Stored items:
++++++++++++++++++++

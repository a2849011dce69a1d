//! Each reason that the judgement gives, with everything else right; nonces, ends and revocation; the other reasons'
//! names, and identity files. Messages are made from fixed keys, but for those of other software.

use std::alloc::Global;
use std::test::Fail;
use std::thread::Threads;
use sz_base::{
    Bytes, Evidence, Identity, ImageFaults, Moment, Seconds, Serial, Text, base64_bytes,
};
use sz_cms::Kind;
use sz_cms::identifier::{CONVEYED_JSON, CONVEYED_XML, ENVELOPED_DATA};
use sz_evidence::{IdentityFault, Judged, Reason, Refusal, judge, read_identity};
use sz_fixtures::{
    BEGIN, CertTemplate, CrlTemplate, EvidenceTemplate, Keys, ROOT, joined, plain, voucher,
};
use sz_json::Name;
use sz_samples::{ANCHOR, CERTIFICATES, INFORMATION, VOUCHER};

const CONVEYED: &[u8] =
    br#"{"ietf-sztp-conveyed-info:onboarding-information":{"configuration":"YQ=="}}"#;

const REDIRECT: &[u8] = br#"{"ietf-sztp-conveyed-info:redirect-information":
    {"bootstrap-server":[{"address":"b","port":80}]}}"#;

// 2025-01-01, and the last second of each voucher
const NOW: Seconds = Seconds(1_735_689_600);

const END: Seconds = Seconds(2_019_686_400);

const AFTER_END: Seconds = Seconds(2_019_686_401);

// The maker, whose certificate is the anchor; the owner's root, which is pinned; and the owner.
const MAKER: CertTemplate = CertTemplate {
    subject: b'a',
    issuer: b'a',
    ..ROOT
};

const OWNER_ROOT: CertTemplate = CertTemplate {
    subject: b'b',
    issuer: b'b',
    key: 2,
    by: 2,
    ..ROOT
};

const OWNER: CertTemplate = CertTemplate {
    subject: b'c',
    issuer: b'b',
    key: 3,
    by: 2,
    ca: false,
    ..ROOT
};

// Evidence that is right.
const RIGHT: EvidenceTemplate = EvidenceTemplate {
    serial: "A1",
    nonce: None,
    revocation: false,
    pinned: OWNER_ROOT,
    maker: MAKER,
    maker_certs: &[],
    owner: OWNER,
    owner_certs: &[OWNER],
    crl: None,
};

// A voucher that asks for revocation checks, and one with a nonce.
const CHECKED: EvidenceTemplate = EvidenceTemplate {
    revocation: true,
    ..RIGHT
};

const FRESH: EvidenceTemplate = EvidenceTemplate {
    nonce: Some(7),
    ..RIGHT
};

// The revocation list of the owner's root with another certificate, and that with the owner's.
const OF_ANOTHER: CrlTemplate = CrlTemplate {
    issuer: b'b',
    by: 2,
    serial: 9,
    this_update: BEGIN,
    next_update: None,
};

const OF_OWNER: CrlTemplate = CrlTemplate {
    serial: 3,
    ..OF_ANOTHER
};

// What is judged of evidence: what it is taken for, or the number and the name of the reason for which it is not.
#[derive(Clone, Copy)]
enum Verdict {
    Unsigned,
    Redirect,
    Onboarding,
    Refused(u8, &'static str),
}

const ABSENT: Verdict = Verdict::Refused(2, "Absent");

const BAD_DER: Verdict = Verdict::Refused(10, "BadDer");

const BAD_CMS: Verdict = Verdict::Refused(11, "BadCms");

const NO_CHAIN: Verdict = Verdict::Refused(15, "NoChain");

const MEMBER: Verdict = Verdict::Refused(16, "Member");

const WRONG_SERIAL: Verdict = Verdict::Refused(17, "WrongSerial");

const NONCE: Verdict = Verdict::Refused(18, "Nonce");

// Evidence whose information has this content, the time and the nonce of the device, and what it judges.
#[derive(Clone, Copy)]
struct Case {
    evidence: EvidenceTemplate,
    information: &'static [u8],
    time: Seconds,
    drawn: Option<u8>,
    verdict: Verdict,
}

const TAKEN: Case = Case {
    evidence: RIGHT,
    information: CONVEYED,
    time: NOW,
    drawn: None,
    verdict: Verdict::Onboarding,
};

static CASES: [Case; 17] = [
    TAKEN,
    Case {
        evidence: EvidenceTemplate {
            serial: "A2",
            ..RIGHT
        },
        verdict: WRONG_SERIAL,
        ..TAKEN
    },
    // the owner signs the voucher
    Case {
        evidence: EvidenceTemplate {
            maker: OWNER,
            ..RIGHT
        },
        verdict: NO_CHAIN,
        ..TAKEN
    },
    // the maker signs the information
    Case {
        evidence: EvidenceTemplate {
            owner: MAKER,
            ..RIGHT
        },
        verdict: NO_CHAIN,
        ..TAKEN
    },
    Case {
        evidence: CHECKED,
        verdict: NO_CHAIN,
        ..TAKEN
    },
    Case {
        information: REDIRECT,
        verdict: Verdict::Redirect,
        ..TAKEN
    },
    Case {
        information: b"{}",
        verdict: MEMBER,
        ..TAKEN
    },
    // the first reason of several
    Case {
        evidence: EvidenceTemplate {
            serial: "A2",
            nonce: Some(1),
            ..RIGHT
        },
        information: b"{}",
        time: AFTER_END,
        verdict: WRONG_SERIAL,
        ..TAKEN
    },
    // revocation lists, where the voucher asks for them and where it does not
    Case {
        evidence: EvidenceTemplate {
            crl: Some(OF_ANOTHER),
            ..CHECKED
        },
        ..TAKEN
    },
    Case {
        evidence: EvidenceTemplate {
            crl: Some(OF_OWNER),
            ..CHECKED
        },
        verdict: NO_CHAIN,
        ..TAKEN
    },
    Case {
        evidence: EvidenceTemplate {
            crl: Some(OF_OWNER),
            ..RIGHT
        },
        ..TAKEN
    },
    // nonces and ends
    Case {
        evidence: FRESH,
        drawn: Some(7),
        ..TAKEN
    },
    Case {
        evidence: FRESH,
        drawn: Some(8),
        verdict: NONCE,
        ..TAKEN
    },
    Case {
        evidence: FRESH,
        time: AFTER_END,
        verdict: NONCE,
        ..TAKEN
    },
    Case {
        drawn: Some(7),
        ..TAKEN
    },
    Case { time: END, ..TAKEN },
    Case {
        time: AFTER_END,
        verdict: Verdict::Refused(19, "Expired"),
        ..TAKEN
    },
];

// The keys, of one tree of 32 leaves each, and the identity of the device `A1`.
fn keys_and_identity<R: Threads + Sync>(rt: &R, alloc: Global) -> Result<(Keys, Identity), Fail> {
    let mut keys = Keys::create(rt, alloc, b"5/1", 3)?;
    let identity = Identity {
        serial: Serial::read(alloc, b"A1")?,
        anchors: keys.certs(rt, alloc, &[MAKER])?,
        os_name: Text::from_slice(alloc, b"os")?,
        os_version: Text::from_slice(alloc, b"1")?,
    };
    Ok((keys, identity))
}

fn at(time: Seconds, drawn: Option<u8>) -> Moment {
    Moment {
        time,
        nonce: drawn.map(|byte| [byte; 16]),
    }
}

// Whether the device of this identity judges so of evidence.
fn judges(
    alloc: Global,
    identity: &Identity,
    when: Moment,
    evidence: &Evidence,
    verdict: Verdict,
) -> Result<bool, Fail> {
    if !identity.is_whole() {
        return Err("an identity that is not whole".into());
    }
    let judged = judge(alloc, identity, when, evidence);
    Ok(match (&judged, verdict) {
        (Ok(Judged::Unsigned(_)), Verdict::Unsigned) => true,
        (Ok(Judged::Redirect(_)), Verdict::Redirect) => true,
        (Ok(Judged::Onboarding(_)), Verdict::Onboarding) => true,
        (Err(Refusal::Reason(reason)), Verdict::Refused(number, name)) => {
            reason.number() == number && reason.name() == name
        }
        _ => false,
    })
}

#[test]
fn each_rule_with_everything_else_right(rt: HostRuntime) -> Result<(), Fail> {
    let alloc = rt.alloc();
    let (mut keys, identity) = keys_and_identity(&rt, alloc)?;
    for case in &CASES {
        let evidence = keys.evidence(&rt, alloc, &case.evidence, case.information)?;
        let when = at(case.time, case.drawn);
        assert!(rt; judges(alloc, &identity, when, &evidence, case.verdict)?);
    }
    Ok(())
}

// Optional bytes, copied.
fn copied(alloc: Global, bytes: Option<&[u8]>) -> Result<Option<Bytes>, Fail> {
    match bytes {
        Some(bytes) => Ok(Some(Bytes::from_slice(alloc, bytes)?)),
        None => Ok(None),
    }
}

#[test]
fn vouchers_and_owners_that_do_not_read(rt: HostRuntime) -> Result<(), Fail> {
    let alloc = rt.alloc();
    let (mut keys, identity) = keys_and_identity(&rt, alloc)?;
    let mut evidence = keys.evidence(&rt, alloc, &RIGHT, CONVEYED)?;
    let not_signed = plain(alloc, &CONVEYED_JSON, b"")?;
    let no_members = keys.signed(&rt, alloc, Kind::Voucher, b"{}", &[], &MAKER)?;
    let content = voucher(alloc, &RIGHT, b"R")?;
    let no_cert = keys.signed(&rt, alloc, Kind::Voucher, content.as_slice(), &[], &MAKER)?;
    let right = evidence.copy(alloc)?;
    let right_voucher = right.ov.as_ref().map(|bytes| bytes.as_slice());
    let right_owner = right.oc.as_ref().map(|bytes| bytes.as_slice());
    let empty = Some(b"".as_slice());
    for (owner, voucher, verdict) in [
        (empty, right_voucher, BAD_DER),
        (Some(not_signed.as_slice()), right_voucher, BAD_CMS),
        (None, right_voucher, NO_CHAIN),
        (None, right_owner, BAD_CMS),
        (None, empty, BAD_DER),
        (None, None, ABSENT),
        (None, Some(no_members.as_slice()), MEMBER),
        (None, Some(no_cert.as_slice()), MEMBER),
    ] {
        evidence.oc = copied(alloc, owner)?;
        evidence.ov = copied(alloc, voucher)?;
        assert!(rt; judges(alloc, &identity, at(NOW, None), &evidence, verdict)?);
    }
    Ok(())
}

// Messages that are not signed by their type and content, and what is judged.
static NOT_SIGNED: [(&[u8], &[u8], Verdict); 6] = [
    (&CONVEYED_JSON, CONVEYED, Verdict::Refused(14, "Unsigned")),
    (&CONVEYED_JSON, REDIRECT, Verdict::Unsigned),
    (&CONVEYED_JSON, b"{}", MEMBER),
    (&CONVEYED_XML, CONVEYED, Verdict::Refused(12, "XmlContent")),
    (&ENVELOPED_DATA, CONVEYED, Verdict::Refused(13, "Encrypted")),
    (b"\x2A\x03", CONVEYED, BAD_CMS),
];

#[test]
fn information_that_is_not_signed(rt: HostRuntime) -> Result<(), Fail> {
    let alloc = rt.alloc();
    let (_keys, identity) = keys_and_identity(&rt, alloc)?;
    let mut evidence = Evidence {
        ci: Bytes::create(alloc),
        oc: None,
        ov: None,
    };
    assert!(rt; judges(alloc, &identity, at(NOW, None), &evidence, BAD_DER)?);
    for &(kind, content, verdict) in &NOT_SIGNED {
        evidence.ci = plain(alloc, kind, content)?;
        assert!(rt; judges(alloc, &identity, at(NOW, None), &evidence, verdict)?);
    }
    Ok(())
}

const BEFORE: &str = r#"{"serial": "A1", "os-name": "os", "os-version": "1", "anchors": [""#;

const BEHIND: &str = r#""]}"#;

// An identity file: the anchor between these texts.
fn file(alloc: Global, before: &str, behind: &str) -> Result<Bytes, Fail> {
    joined(
        alloc,
        &[before.as_bytes(), ANCHOR.as_bytes(), behind.as_bytes()],
    )
}

#[test]
fn evidence_of_other_software(rt: HostRuntime) -> Result<(), Fail> {
    let alloc = rt.alloc();
    let identity = read_identity(alloc, file(alloc, BEFORE, BEHIND)?.as_slice())?;
    let mut evidence = Evidence {
        ci: base64_bytes(alloc, INFORMATION.as_bytes())?,
        oc: Some(base64_bytes(alloc, CERTIFICATES.as_bytes())?),
        ov: Some(base64_bytes(alloc, VOUCHER.as_bytes())?),
    };
    assert!(rt;
        judges(
            alloc,
            &identity,
            at(NOW, None),
            &evidence,
            Verdict::Onboarding
        )?
    );
    evidence.oc = None;
    assert!(rt; judges(alloc, &identity, at(NOW, None), &evidence, NO_CHAIN)?);
    Ok(())
}

// The texts of identity files before and behind the anchor, and the member at fault.
static FILES: [(&str, &str, Name); 9] = [
    ("x", "", Name::Json),
    (r#"[""#, r#""]"#, Name::Serial),
    (
        r#"{"serial": ".A", "os-name": 1, "anchors": [""#,
        BEHIND,
        Name::Serial,
    ),
    (r#"{"serial": "A1", "anchors": [""#, BEHIND, Name::OsName),
    (
        r#"{"serial": "A1", "os-name": "os", "anchors": [""#,
        BEHIND,
        Name::OsVersion,
    ),
    (BEFORE, r#"", "AA=="]}"#, Name::Anchors),
    (BEFORE, r#"", "AA"]}"#, Name::Anchors),
    (BEFORE, r#"", 1]}"#, Name::Anchors),
    (
        r#"{"serial": "A1", "os-name": "os", "os-version": "1", "anchors": [], "x": [""#,
        BEHIND,
        Name::Anchors,
    ),
];

#[test]
fn identity_files(rt: HostRuntime) -> Result<(), Fail> {
    let alloc = rt.alloc();
    for &(before, behind, name) in &FILES {
        let read = read_identity(alloc, file(alloc, before, behind)?.as_slice());
        assert!(rt; read.err() == Some(IdentityFault::Bad { name }));
    }
    let identity = read_identity(alloc, file(alloc, BEFORE, BEHIND)?.as_slice())?;
    assert!(rt; identity.serial.as_slice() == b"A1".as_slice());
    assert!(rt; identity.anchors.len() == 1);
    Ok(())
}

#[test]
fn numbers_and_names_of_the_other_reasons(rt: HostRuntime) {
    let none = ImageFaults::create(rt.alloc());
    for (reason, number, name) in [
        (Reason::Lost, 1, "Lost"),
        (Reason::EndedEarly, 3, "EndedEarly"),
        (Reason::BadHttp, 4, "BadHttp"),
        (Reason::Coding, 5, "Coding"),
        (Reason::TooLarge { limit: 1 }, 6, "TooLarge"),
        (Reason::Status { code: 404 }, 7, "Status"),
        (Reason::BadOption { place: 1 }, 8, "BadOption"),
        (Reason::BadName { place: 1 }, 9, "BadName"),
        (Reason::NoImageHash, 21, "NoImageHash"),
        (Reason::NoImage { faults: none }, 22, "NoImage"),
        (Reason::RecordTooLarge { size: 1 }, 23, "RecordTooLarge"),
        (Reason::Depth, 24, "Depth"),
        (Reason::BudgetSpent, 25, "BudgetSpent"),
    ] {
        assert!(rt; reason.number() == number && reason.name() == name);
    }
}
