//! Why a certificate or a revocation list was not read.

use sz_der::{PartFault, PartKind};

/// Why a certificate or a revocation list was not read.
#[derive(Clone, Copy, Debug, PartialEq, Eq)]
pub enum CertKind {
    /// An item breaks the encoding rules or has a content that is not of its type, or another part has to stand there.
    Der,
    /// The version is another one.
    Version,
    /// An algorithm is not HSS/LMS, or has parameters.
    Algorithm,
    /// The key is no HSS public key.
    Key,
    /// A time is of another type, or not written as its type is, or not real.
    Time,
    /// An extension stands twice, is critical and not known, or has a path length that is not of 32 bits.
    Extension,
}

impl PartKind for CertKind {
    ghost use Rattle.sz_x509.specs.declared.fault.CertKind.TheVariants.{Der};

    ghost BROKEN = { Der };

    const BROKEN: CertKind = CertKind::Der;
}

/// A fault, and where it is.
pub type CertFault = PartFault<CertKind>;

++++++++++++++++++++

Task
Set out, exactly as written, the lines from the line with "let none = ImageFaults::create(rt.alloc());" to the last line of the records, inclusive, and only those lines.

Result for this task
    let none = ImageFaults::create(rt.alloc());
    for (reason, number, name) in [
        (Reason::Lost, 1, "Lost"),
        (Reason::EndedEarly, 3, "EndedEarly"),
        (Reason::BadHttp, 4, "BadHttp"),
        (Reason::Coding, 5, "Coding"),
        (Reason::TooLarge { limit: 1 }, 6, "TooLarge"),
        (Reason::Status { code: 404 }, 7, "Status"),
        (Reason::BadOption { place: 1 }, 8, "BadOption"),
        (Reason::BadName { place: 1 }, 9, "BadName"),
        (Reason::NoImageHash, 21, "NoImageHash"),
        (Reason::NoImage { faults: none }, 22, "NoImage"),
        (Reason::RecordTooLarge { size: 1 }, 23, "RecordTooLarge"),
        (Reason::Depth, 24, "Depth"),
        (Reason::BudgetSpent, 25, "BudgetSpent"),
    ] {
        assert!(rt; reason.number() == number && reason.name() == name);
    }
}
//! Why a certificate or a revocation list was not read.

use sz_der::{PartFault, PartKind};

/// Why a certificate or a revocation list was not read.
#[derive(Clone, Copy, Debug, PartialEq, Eq)]
pub enum CertKind {
    /// An item breaks the encoding rules or has a content that is not of its type, or another part has to stand there.
    Der,
    /// The version is another one.
    Version,
    /// An algorithm is not HSS/LMS, or has parameters.
    Algorithm,
    /// The key is no HSS public key.
    Key,
    /// A time is of another type, or not written as its type is, or not real.
    Time,
    /// An extension stands twice, is critical and not known, or has a path length that is not of 32 bits.
    Extension,
}

impl PartKind for CertKind {
    ghost use Rattle.sz_x509.specs.declared.fault.CertKind.TheVariants.{Der};

    ghost BROKEN = { Der };

    const BROKEN: CertKind = CertKind::Der;
}

/// A fault, and where it is.
pub type CertFault = PartFault<CertKind>;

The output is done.